Since the Personal Savings Allowance was introduced in 2016, rates have been so low for so long that you have probably been unlikely to pay income tax on your savings. Most basic rate taxpayers will not have to pay tax on the interest they earn until it exceeds £1,000. Higher rate taxpayers have a £500 allowance while additional rate taxpayers have none at all. Even if the allowance means you currently escape tax on interest, when the Bank of England raises rates, or if your earnings rise, it could see you become liable to tax in the future especially if you have a large cash holding in a savings account.

With inflation currently at 8.6%, even with savings rates going up, the value of your money is reducing thus giving you the double whammy of income tax to pay on your savings while it doesn’t keep pace with inflation. Now could be a good time to review those cash holdings for those people willing to consider a medium to long-term view.

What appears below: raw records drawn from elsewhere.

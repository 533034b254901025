//! What every command is.

ghost use Rattle.std.specs.Prelude.{◌≡◌, length};
ghost use Rattle.std.specs.List.{AllByRecursion};
ghost use Rattle.set_reading.specs.Names.{IsName};
ghost use Rattle.command_codec.specs.Commands.{HasSet, IsCommand};

use command_octets::{Change, Command};
use set_reading::Name;

/// What every command is, for the premises of laws; it does nothing.
pub fn well_formed(command: &Command)
    ensures { IsCommand command.now }
{
    match command {
        Command::CreateZone { name, servers } => {
            name.well_formed();
            four_names(servers);
        }
        Command::DeleteZone(_) | Command::Health(_) | Command::Cidr(_) => {}
        Command::Change(batch) => sets_in_changes(batch.changes.as_slice()),
    }
}

/// The names of servers.
fn four_names(servers: &[Name; 4])
    ensures four { length servers.now ≡ 4 }
    ensures names { AllByRecursion IsName servers.now }
{
    for server in servers {
        server.well_formed();
    }
}

/// The sets of changes.
fn sets_in_changes(changes: &[Change])
    ensures { AllByRecursion HasSet changes.now }
{
    for change in changes {
        set_reading::well_formed(&change.set);
    }
}
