//! Laws over the definitions, each the contract of a function that does nothing.

ghost use Rattle.command_codec.specs.Laws.{CommandsAreTold, OneSpelling, ReadAsNothingElse, WrittenReadsBack};

/// In each version one command has one spelling, and no spelling of either version begins another.
pub fn one_spelling()
    ensures { OneSpelling }
{
    set_reading::written_reads_back();
    set_reading::sets_are_told();
    check_reading::check_commands_are_read();
    block_reading::cidr_commands_are_read();
}

/// What is written, in either version, is read again.
pub fn written_reads_back()
    ensures { WrittenReadsBack }
{
    set_reading::written_reads_back();
    set_reading::sets_are_told();
    check_reading::check_commands_are_read();
    block_reading::cidr_commands_are_read();
}

/// The octets of a command are read as nothing else.
pub fn read_as_nothing_else()
    ensures { ReadAsNothingElse }
{
    set_reading::written_reads_back();
    set_reading::sets_are_told();
    check_reading::check_commands_are_read();
    block_reading::cidr_commands_are_read();
}

/// Reading tells the command that octets are, or that they are none.
pub fn commands_are_told()
    ensures { CommandsAreTold }
{
    set_reading::written_reads_back();
    set_reading::sets_are_told();
    check_reading::check_commands_are_read();
    block_reading::cidr_commands_are_read();
}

Our quest is to help our clients achieve prosperity, a secure future and peace of mind. We believe that for those people who are considering taking financial advice now may be a good time to do so to help utilise existing allowances and tax reliefs, which are still available, and could help, depending on your personal circumstances, to reduce the impacts of the fiscal drag on your finances and potentially offset the effects of inflation.

(Article updated 3rd October 2022 following the government's decision to scrap the planned removal of the 45% income tax bracket.)